═════ DATASET RECORDS

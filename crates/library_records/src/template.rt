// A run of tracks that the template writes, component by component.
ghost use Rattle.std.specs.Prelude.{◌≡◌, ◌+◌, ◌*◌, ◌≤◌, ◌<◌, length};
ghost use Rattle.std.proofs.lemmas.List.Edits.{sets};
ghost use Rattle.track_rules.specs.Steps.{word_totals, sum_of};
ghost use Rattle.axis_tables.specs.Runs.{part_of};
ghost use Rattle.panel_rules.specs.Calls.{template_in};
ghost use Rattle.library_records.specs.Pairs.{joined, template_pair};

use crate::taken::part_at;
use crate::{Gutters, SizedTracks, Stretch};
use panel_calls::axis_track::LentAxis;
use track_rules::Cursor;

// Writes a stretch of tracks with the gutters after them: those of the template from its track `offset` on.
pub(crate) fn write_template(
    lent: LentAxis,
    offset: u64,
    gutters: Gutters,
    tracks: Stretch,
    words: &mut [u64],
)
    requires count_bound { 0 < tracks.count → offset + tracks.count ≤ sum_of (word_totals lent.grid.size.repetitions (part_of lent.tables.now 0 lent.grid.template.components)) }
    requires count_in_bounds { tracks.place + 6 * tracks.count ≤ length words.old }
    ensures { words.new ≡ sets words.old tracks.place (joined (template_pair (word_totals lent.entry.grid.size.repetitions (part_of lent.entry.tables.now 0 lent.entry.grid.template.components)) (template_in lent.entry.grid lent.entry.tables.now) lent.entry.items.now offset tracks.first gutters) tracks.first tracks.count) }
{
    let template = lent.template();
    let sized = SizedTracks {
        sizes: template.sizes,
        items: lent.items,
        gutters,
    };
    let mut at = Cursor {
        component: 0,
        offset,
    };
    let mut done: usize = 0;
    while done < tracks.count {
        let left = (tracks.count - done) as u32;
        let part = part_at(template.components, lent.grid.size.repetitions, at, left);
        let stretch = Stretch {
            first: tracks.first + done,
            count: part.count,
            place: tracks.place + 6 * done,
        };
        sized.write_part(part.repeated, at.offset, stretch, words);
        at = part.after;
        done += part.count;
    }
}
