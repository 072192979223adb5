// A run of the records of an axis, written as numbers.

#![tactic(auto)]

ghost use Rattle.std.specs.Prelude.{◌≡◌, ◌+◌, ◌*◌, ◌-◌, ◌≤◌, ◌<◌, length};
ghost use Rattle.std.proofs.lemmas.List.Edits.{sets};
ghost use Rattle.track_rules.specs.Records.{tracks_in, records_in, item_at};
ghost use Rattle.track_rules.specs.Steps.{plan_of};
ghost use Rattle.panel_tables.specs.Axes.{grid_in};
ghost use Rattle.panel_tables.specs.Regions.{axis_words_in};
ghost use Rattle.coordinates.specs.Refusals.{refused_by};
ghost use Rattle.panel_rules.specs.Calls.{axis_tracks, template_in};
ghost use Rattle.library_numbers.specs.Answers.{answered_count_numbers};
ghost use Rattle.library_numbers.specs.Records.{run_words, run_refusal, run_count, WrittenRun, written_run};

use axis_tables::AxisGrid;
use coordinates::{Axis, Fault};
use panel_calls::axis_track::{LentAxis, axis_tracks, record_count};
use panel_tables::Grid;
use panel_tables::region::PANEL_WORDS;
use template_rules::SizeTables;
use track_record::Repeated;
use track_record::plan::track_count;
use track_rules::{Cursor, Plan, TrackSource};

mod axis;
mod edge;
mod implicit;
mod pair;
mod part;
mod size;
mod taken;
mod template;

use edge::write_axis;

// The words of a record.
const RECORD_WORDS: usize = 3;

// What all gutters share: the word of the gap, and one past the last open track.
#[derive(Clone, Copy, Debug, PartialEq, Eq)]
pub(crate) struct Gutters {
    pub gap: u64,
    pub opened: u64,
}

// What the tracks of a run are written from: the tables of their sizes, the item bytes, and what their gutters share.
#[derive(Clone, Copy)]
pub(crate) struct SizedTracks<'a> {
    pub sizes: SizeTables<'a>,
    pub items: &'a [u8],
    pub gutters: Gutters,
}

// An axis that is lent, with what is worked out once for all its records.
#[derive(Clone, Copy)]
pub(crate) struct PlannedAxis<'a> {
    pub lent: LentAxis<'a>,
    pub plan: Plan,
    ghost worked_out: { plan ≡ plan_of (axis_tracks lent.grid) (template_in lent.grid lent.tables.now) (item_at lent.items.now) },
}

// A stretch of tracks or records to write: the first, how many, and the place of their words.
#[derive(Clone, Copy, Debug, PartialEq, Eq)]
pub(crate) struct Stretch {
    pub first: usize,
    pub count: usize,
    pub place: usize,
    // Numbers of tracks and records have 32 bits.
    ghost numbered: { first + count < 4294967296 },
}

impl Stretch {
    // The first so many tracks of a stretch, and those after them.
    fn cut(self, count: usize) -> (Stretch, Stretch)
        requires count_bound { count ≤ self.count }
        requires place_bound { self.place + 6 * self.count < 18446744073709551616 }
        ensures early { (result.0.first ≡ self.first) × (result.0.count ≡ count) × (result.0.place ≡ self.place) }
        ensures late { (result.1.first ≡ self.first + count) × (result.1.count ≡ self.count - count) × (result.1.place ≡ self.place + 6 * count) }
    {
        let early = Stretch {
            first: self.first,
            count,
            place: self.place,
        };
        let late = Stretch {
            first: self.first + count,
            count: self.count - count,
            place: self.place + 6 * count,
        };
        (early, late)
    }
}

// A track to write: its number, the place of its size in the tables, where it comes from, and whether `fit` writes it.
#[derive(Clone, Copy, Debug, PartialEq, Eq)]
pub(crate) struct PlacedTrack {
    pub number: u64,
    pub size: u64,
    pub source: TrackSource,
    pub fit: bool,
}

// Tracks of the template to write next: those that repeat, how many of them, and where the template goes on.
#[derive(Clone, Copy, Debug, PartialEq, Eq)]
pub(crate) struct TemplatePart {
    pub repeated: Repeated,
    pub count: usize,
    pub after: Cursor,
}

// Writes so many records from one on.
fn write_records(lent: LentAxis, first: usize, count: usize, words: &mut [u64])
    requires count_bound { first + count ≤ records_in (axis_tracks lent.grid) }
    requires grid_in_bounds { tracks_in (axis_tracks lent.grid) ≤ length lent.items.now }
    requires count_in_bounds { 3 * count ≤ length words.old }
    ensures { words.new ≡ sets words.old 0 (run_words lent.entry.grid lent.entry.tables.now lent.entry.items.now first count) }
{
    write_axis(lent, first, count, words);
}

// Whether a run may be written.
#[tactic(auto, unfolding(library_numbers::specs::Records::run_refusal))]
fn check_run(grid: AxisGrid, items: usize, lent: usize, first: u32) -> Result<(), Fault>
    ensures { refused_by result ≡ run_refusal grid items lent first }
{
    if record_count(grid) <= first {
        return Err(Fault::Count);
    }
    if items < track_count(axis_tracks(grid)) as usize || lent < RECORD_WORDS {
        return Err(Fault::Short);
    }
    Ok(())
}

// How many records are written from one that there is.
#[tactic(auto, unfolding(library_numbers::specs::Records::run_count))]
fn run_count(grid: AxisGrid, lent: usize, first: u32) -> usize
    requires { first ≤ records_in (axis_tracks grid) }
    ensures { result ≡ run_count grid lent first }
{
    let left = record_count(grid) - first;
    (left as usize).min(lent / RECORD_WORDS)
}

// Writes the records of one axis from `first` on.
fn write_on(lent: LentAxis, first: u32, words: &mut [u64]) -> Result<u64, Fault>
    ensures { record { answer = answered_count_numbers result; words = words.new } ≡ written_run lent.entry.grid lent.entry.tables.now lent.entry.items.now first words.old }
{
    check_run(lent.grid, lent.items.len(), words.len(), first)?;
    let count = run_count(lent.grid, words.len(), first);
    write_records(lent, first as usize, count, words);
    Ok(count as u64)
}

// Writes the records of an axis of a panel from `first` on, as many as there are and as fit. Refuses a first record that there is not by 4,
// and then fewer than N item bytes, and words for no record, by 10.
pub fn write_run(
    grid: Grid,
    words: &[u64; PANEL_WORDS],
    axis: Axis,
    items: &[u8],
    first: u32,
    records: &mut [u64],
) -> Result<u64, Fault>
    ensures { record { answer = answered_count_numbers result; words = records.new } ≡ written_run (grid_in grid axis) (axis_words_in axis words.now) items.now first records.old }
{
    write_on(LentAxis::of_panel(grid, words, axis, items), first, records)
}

══════════
═════ DATASET RECORDS

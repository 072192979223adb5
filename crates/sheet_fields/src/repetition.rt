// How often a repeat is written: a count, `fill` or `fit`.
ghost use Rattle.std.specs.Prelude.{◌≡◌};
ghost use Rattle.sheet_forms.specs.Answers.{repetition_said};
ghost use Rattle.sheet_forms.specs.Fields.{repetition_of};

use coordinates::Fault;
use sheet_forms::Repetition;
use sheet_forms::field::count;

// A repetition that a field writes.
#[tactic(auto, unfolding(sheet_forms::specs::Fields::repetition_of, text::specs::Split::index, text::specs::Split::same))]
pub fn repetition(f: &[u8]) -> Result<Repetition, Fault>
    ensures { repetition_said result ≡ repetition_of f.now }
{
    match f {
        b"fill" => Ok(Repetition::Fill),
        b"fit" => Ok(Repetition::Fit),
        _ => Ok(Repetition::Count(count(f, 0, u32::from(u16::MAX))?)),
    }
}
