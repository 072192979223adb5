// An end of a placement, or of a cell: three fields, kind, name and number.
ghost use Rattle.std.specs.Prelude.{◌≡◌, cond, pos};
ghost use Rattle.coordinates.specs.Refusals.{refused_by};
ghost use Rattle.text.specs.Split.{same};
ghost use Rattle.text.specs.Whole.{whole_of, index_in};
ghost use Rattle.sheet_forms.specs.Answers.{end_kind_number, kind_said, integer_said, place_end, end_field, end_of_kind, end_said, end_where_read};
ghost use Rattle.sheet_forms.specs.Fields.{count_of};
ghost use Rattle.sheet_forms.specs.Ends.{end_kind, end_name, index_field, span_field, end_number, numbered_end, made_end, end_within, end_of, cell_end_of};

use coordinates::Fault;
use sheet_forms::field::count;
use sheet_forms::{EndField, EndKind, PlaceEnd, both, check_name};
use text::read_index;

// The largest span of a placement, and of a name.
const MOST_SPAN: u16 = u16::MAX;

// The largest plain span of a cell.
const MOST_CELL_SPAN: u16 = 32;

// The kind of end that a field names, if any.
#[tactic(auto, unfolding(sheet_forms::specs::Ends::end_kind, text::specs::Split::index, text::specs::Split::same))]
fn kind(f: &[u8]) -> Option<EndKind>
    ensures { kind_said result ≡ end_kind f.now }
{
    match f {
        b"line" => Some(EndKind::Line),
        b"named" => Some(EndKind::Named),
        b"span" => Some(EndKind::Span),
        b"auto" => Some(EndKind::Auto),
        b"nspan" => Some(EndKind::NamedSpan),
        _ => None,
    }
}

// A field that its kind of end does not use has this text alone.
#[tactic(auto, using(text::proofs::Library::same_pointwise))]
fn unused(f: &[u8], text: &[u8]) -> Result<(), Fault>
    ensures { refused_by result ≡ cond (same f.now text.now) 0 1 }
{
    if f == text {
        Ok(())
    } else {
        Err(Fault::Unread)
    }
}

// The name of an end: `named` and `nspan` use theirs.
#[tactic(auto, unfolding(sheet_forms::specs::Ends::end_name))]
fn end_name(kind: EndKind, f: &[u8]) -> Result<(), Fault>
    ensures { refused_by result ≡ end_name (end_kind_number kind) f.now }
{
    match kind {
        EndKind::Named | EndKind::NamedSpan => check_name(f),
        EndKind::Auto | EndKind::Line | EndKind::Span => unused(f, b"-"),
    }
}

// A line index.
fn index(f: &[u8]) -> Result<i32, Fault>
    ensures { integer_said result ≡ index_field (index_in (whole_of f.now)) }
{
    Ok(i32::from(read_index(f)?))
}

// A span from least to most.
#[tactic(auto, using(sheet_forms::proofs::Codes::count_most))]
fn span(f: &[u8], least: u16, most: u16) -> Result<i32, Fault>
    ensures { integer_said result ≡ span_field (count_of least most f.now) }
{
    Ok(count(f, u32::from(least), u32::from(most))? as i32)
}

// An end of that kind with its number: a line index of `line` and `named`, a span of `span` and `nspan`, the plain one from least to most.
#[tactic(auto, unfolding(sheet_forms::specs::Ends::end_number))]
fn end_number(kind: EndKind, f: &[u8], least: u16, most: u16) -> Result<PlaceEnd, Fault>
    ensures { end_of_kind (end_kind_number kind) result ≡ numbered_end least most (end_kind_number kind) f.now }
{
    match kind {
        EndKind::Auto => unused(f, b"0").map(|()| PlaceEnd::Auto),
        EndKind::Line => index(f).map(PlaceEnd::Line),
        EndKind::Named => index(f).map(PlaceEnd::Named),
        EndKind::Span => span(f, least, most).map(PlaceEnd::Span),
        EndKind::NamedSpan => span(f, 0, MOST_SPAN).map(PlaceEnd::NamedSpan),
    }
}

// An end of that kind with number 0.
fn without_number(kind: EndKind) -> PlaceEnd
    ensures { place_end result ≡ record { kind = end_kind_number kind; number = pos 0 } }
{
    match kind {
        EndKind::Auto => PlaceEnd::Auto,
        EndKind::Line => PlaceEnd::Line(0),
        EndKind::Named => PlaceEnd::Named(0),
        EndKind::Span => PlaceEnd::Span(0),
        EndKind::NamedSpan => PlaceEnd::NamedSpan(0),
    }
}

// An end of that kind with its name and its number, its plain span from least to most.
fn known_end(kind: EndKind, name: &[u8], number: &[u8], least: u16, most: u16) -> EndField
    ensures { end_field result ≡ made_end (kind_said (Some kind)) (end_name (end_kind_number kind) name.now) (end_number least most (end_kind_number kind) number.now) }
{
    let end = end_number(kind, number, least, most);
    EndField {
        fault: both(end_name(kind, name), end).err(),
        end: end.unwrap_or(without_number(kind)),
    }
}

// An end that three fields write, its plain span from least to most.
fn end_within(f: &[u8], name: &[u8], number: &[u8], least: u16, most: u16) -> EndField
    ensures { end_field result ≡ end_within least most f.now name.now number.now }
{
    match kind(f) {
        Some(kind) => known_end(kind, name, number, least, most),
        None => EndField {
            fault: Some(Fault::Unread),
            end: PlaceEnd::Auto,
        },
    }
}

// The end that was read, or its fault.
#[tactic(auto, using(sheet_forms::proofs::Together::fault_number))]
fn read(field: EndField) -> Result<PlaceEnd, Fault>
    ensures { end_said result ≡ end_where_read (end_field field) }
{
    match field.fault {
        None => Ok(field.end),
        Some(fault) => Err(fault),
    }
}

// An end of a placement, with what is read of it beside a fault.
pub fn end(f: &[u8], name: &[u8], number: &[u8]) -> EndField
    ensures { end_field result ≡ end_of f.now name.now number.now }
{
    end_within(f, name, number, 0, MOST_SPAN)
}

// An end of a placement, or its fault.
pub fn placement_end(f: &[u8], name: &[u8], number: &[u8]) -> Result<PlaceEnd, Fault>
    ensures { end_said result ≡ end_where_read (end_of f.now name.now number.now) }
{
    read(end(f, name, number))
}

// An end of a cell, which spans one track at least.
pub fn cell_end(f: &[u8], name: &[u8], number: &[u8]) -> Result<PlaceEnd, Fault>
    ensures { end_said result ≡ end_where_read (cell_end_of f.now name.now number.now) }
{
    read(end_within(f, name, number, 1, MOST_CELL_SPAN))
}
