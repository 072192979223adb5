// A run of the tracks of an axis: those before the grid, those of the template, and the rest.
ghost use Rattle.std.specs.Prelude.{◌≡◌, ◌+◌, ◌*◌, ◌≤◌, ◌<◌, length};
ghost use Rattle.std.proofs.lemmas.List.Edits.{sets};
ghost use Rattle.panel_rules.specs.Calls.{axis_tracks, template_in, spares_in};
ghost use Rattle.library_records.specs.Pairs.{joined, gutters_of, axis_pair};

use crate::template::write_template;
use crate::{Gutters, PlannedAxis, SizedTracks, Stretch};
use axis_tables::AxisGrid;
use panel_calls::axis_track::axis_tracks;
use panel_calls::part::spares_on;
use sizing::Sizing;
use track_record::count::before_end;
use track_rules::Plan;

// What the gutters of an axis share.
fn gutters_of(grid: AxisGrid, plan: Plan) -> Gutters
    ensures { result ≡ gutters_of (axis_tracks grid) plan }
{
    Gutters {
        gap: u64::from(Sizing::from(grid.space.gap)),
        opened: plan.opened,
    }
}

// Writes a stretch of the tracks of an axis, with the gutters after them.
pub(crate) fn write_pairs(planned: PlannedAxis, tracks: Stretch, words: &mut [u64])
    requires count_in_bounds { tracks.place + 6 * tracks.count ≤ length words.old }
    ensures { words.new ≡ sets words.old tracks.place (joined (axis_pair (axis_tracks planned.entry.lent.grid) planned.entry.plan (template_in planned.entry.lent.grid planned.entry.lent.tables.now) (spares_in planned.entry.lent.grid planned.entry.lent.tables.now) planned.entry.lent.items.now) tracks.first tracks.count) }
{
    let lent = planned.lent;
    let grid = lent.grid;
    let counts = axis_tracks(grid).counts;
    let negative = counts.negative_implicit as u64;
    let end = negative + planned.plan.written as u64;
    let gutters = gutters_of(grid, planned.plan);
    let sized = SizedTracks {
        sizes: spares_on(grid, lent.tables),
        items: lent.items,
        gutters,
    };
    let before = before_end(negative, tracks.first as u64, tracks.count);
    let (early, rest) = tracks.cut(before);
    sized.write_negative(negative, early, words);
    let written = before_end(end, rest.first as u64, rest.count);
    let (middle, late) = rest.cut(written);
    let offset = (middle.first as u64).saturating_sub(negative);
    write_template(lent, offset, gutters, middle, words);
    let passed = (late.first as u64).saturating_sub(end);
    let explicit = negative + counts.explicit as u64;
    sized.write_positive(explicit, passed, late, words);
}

══════════
═════ DATASET RECORDS

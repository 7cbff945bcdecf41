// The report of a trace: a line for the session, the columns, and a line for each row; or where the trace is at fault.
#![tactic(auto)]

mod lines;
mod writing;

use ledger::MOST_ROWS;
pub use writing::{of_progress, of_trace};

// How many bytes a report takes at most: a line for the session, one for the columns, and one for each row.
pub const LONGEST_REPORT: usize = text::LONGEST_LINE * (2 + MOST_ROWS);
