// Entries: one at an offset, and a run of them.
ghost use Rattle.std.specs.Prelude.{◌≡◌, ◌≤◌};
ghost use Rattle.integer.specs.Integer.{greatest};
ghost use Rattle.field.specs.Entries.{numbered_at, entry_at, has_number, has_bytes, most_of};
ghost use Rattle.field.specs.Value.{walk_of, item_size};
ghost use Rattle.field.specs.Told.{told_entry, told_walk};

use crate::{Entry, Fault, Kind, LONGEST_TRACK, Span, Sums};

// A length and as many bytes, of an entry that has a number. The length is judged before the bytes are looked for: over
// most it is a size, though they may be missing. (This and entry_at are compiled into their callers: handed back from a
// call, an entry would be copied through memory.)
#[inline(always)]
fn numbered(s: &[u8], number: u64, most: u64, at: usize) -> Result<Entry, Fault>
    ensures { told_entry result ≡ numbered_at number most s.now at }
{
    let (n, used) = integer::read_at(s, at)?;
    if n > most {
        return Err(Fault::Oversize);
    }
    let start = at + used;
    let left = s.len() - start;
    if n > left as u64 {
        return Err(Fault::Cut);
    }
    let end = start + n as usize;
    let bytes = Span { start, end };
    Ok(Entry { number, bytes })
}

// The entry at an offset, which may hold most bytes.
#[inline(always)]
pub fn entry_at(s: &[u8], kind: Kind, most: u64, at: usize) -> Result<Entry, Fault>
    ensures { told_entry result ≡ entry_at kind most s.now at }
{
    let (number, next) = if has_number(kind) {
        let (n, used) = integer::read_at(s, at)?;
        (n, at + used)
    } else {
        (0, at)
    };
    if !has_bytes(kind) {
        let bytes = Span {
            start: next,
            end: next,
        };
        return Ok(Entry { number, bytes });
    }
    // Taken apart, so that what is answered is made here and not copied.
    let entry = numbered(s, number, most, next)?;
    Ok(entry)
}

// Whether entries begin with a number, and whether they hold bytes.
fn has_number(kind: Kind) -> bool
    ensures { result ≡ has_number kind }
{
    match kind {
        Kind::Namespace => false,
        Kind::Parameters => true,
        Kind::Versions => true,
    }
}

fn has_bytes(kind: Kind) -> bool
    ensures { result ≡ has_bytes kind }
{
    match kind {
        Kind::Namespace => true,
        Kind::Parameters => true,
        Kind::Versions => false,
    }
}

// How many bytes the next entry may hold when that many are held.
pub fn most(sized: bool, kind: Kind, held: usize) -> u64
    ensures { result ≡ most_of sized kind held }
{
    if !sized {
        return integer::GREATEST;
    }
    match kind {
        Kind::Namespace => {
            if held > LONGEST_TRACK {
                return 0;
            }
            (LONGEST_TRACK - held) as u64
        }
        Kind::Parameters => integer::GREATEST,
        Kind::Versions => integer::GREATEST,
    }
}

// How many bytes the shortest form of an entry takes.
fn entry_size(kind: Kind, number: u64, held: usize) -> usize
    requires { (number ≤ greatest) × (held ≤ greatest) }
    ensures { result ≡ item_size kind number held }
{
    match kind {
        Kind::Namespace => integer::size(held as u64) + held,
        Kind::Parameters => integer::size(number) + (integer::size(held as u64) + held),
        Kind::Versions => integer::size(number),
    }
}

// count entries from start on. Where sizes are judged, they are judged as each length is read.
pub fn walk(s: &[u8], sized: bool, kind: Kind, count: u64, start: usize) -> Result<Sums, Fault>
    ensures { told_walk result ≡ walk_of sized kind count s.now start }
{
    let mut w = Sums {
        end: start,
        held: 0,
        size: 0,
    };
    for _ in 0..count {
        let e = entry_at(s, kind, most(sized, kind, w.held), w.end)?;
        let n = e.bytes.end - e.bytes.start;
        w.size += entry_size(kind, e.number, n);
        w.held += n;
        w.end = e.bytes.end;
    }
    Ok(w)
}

══════════

EXERCISE AIM
Considering only lines that hold the word "Ends", work out how many appear in the listing above and give that number only.

SOLUTION TO THIS PROBLEM
4